For instance, a book titled “Do You Know What It Means to Miss New Orleans”?, focused principally on the consequences of Hurricane Katrina and its impact on the music, wealth and spirit of the city. 19th century designs thrive next to watchfully positioned chunk of text and each page has been lavishly printed on high quality paper. These components, apart from many others, unite to create a diverse sense of speed that sets it apart from the multitude of other books. The idea of the book and the form of the book merge into an emotional profusion that cannot be ignored. This is a perfect example of emotional information and it forces the reader to observe the subject and to understand individual pages with as much attention and concentration as those who designed and published it. Ideally, these additional pieces of information enable the reader to comprehend the silent history, thought-process and line of argument of the book. Without them, the discussion between the book and the reader would be less interactive and engaging
Lack of Emotional Content in E-books
As e-readers transmit content digitally or in other words to ‘real’ turning pages they mimic the form of the book, while ignoring the uniqueness of the writer’s ideas. It results in the creation of books that feel and look the same. The system of e-books disregards the writer almost entirely since all their ideas are endowed with the same visual characteristics, quality and appearance. Since unique and brilliant writers follow a definite pattern and pulse within their work, the visual and sensory elements must also be capable of creating emotional experiences that can amuse, influence, educate and stir compliment their writing scheme.

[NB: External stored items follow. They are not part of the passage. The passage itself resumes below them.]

//! What the seats of a log table know. No values of these types are made: they stand in clauses alone.
use crate::machine::{Entry, Slot};
use dym_pack::Record;
use std::collections::LinkedList;

/// An entry of the owner's list, with the record that it was put with.
pub struct Listed {
    pub entry: Entry,
    pub bytes: Record,
}

/// A slot, and the state in which a look found it.
pub struct Glimpse {
    pub slot: u64,
    pub found: Slot,
}

/// What the owner knows: the machine's view with the records, and its last look.
pub struct OwnerSeat {
    pub list: LinkedList<Listed>,
    pub next: u64,
    pub out: Option<u64>,
    pub remembered: LinkedList<u64>,
    pub look: Option<Glimpse>,
}

/// What the sweeper knows: the machine's view, what its last look found, its counts, and a number that the root is known to have
/// reached.
pub struct SweeperSeat {
    pub root_seen: u64,
    pub least_root: u64,
    pub out: Option<u64>,
    pub clean: u64,
    pub found: Option<u64>,
    pub rounds: u64,
    pub taken_back: u64,
}

/// What a seat of a log table knows.
pub enum SeatView {
    /// The first seat, before the second is made.
    Alone,
    /// The owner's.
    Owns(OwnerSeat),
    /// The sweeper's.
    Sweeps(SweeperSeat),
    /// A note's: the root has reached this number.
    Knows(u64),
}
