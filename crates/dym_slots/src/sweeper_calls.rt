//! What the sweeper does.
ghost use Rattle.std.specs.Prelude.{◌≡◌, ◌+◌, ◌≤◌, max, None, length};
ghost use Rattle.dym_base.specs.declared.limits.TheConstants.{LOG_SLOTS};
ghost use Rattle.dym_base.specs.Origins.{shared};
ghost use Rattle.dym_slots.specs.Meanings.{IsSweptTo};

use crate::owner::Owner;
use crate::root_note::{Learns, RootNote};
use crate::sweeper::Sweeper;
use crate::sweeper_steps::sweep_all;

impl Sweeper {
    /// Reads the root once, and takes back each record at rest with a number below it, unless the owner reuses that slot first.
    /// After it no slot holds such a record at rest. The root never falls, and is no lower than any that was learnt. The answer is
    /// how many records were taken back.
    pub fn sweep(&mut self) -> u32
        ensures table { self.new.table ≡ self.old.table }
        ensures rounds { self.new.rounds ≡ self.old.rounds + 1 }
        ensures clean { self.new.clean ≡ LOG_SLOTS }
        ensures taken { self.new.taken_back ≡ self.old.taken_back + result }
        ensures rises { self.old.root_seen ≤ self.new.root_seen }
        ensures least_root { self.new.least_root ≡ self.old.least_root }
        ensures swept { IsSweptTo self.old.least_root self.new }
    {
        sweep_all(&self.table.shared, &mut self.seat)
    }

    /// Knows from now on what a note of its own table's owner says: each sweep that comes later takes back all records that were let
    /// go before.
    pub fn learn(&mut self, note: RootNote)
        requires { note.table ≡ self.old.table }
        ensures { self.new ≡ record self.old { least_root = max note.root self.old.least_root } }
    {
        let RootNote { seat } = note;
        self.table.shared.join_seat::<Learns>(&mut self.seat, seat);
    }

    /// Gives the table up, with all records that are left in it, and answers how many the owner's list has. Both ends are of one
    /// table.
    pub fn finish(self, owner: Owner) -> u32
        requires table { owner.origin ≡ shared self.table }
        requires idle { owner.lifted ≡ None }
        ensures { result ≡ length owner.records }
    {
        owner.len()
    }
}
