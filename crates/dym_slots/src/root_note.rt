//! What the owner's end of a log table can tell the sweeper's.
use crate::rule::LogSeat;
use crate::view::SeatView;
use atomic_table::{Join, Split};
use std::marker::Model;

/// A note that the root of a log table has reached a number: the owner let go of all records below it. It has no bytes, and may go
/// to another thread.
#[derive(Drop)]
pub struct RootNote {
    pub(crate) seat: LogSeat,
}

impl Model for RootNote {
    ghost use Rattle.dym_slots.specs.Meanings.{RootNoteMeaning};

    ghost Value = { RootNoteMeaning };

    ghost use Rattle.dym_slots.specs.Sweepers.{note_meaning, IsNote};

    ghost view = { note_meaning };

    ghost invariant = { IsNote };
}

/// The owner's seat stays as it is, and the second one knows the number of the first record.
pub(crate) struct Notes;

impl Split<SeatView> for Notes {
    ghost use Rattle.dym_slots.specs.declared.view.SeatView.TheVariants.{Knows};
    ghost use Rattle.dym_slots.specs.SeatViews.{owner_of};
    ghost use Rattle.dym_slots.specs.Orders.{root_of};

    ghost left = { λ v. v };

    ghost right = { λ v. Knows (root_of (owner_of v)) };
}

/// The sweeper's seat knows of the root what a note does.
pub(crate) struct Learns;

impl Join<SeatView> for Learns {
    ghost use Rattle.dym_slots.specs.declared.view.SeatView.TheVariants.{Sweeps, Knows};
    ghost use Rattle.dym_slots.specs.SeatViews.{sweeper_of, known_root, with_least_root};

    ghost both = { λ v note. Sweeps (with_least_root (known_root note) (sweeper_of v)) };

    ghost spent = { Knows 0 };
}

Creating emotional systems to generate a flair for reading is not about nostalgia or the exaltation of a specific medium of expression. It is about the most appropriate information, and the best way to correspond the content to the expected audience. These systems must therefore be articulate enough in safely and quickly transferring data, but they must also be capable of generating interest spontaneously.
Of course, the evolution of such an engaging system is a subjective topic and very little of this article dealt with the specifics of creating one, but this is because each suggestion requires a different illustration and sensory character. Some books require volatile formatting and thick paper to feel ground-breaking; others require a subtle and delicate tone to espouse a feel of calm or serenity. The form of a book is simply an instrument, but quite often a wonderfully efficient instrument nonetheless. Hence, the ideas embedded within different formats must be used judiciously by publishers to enable them to serve their true purpose of making each and every content look more dynamic and lively.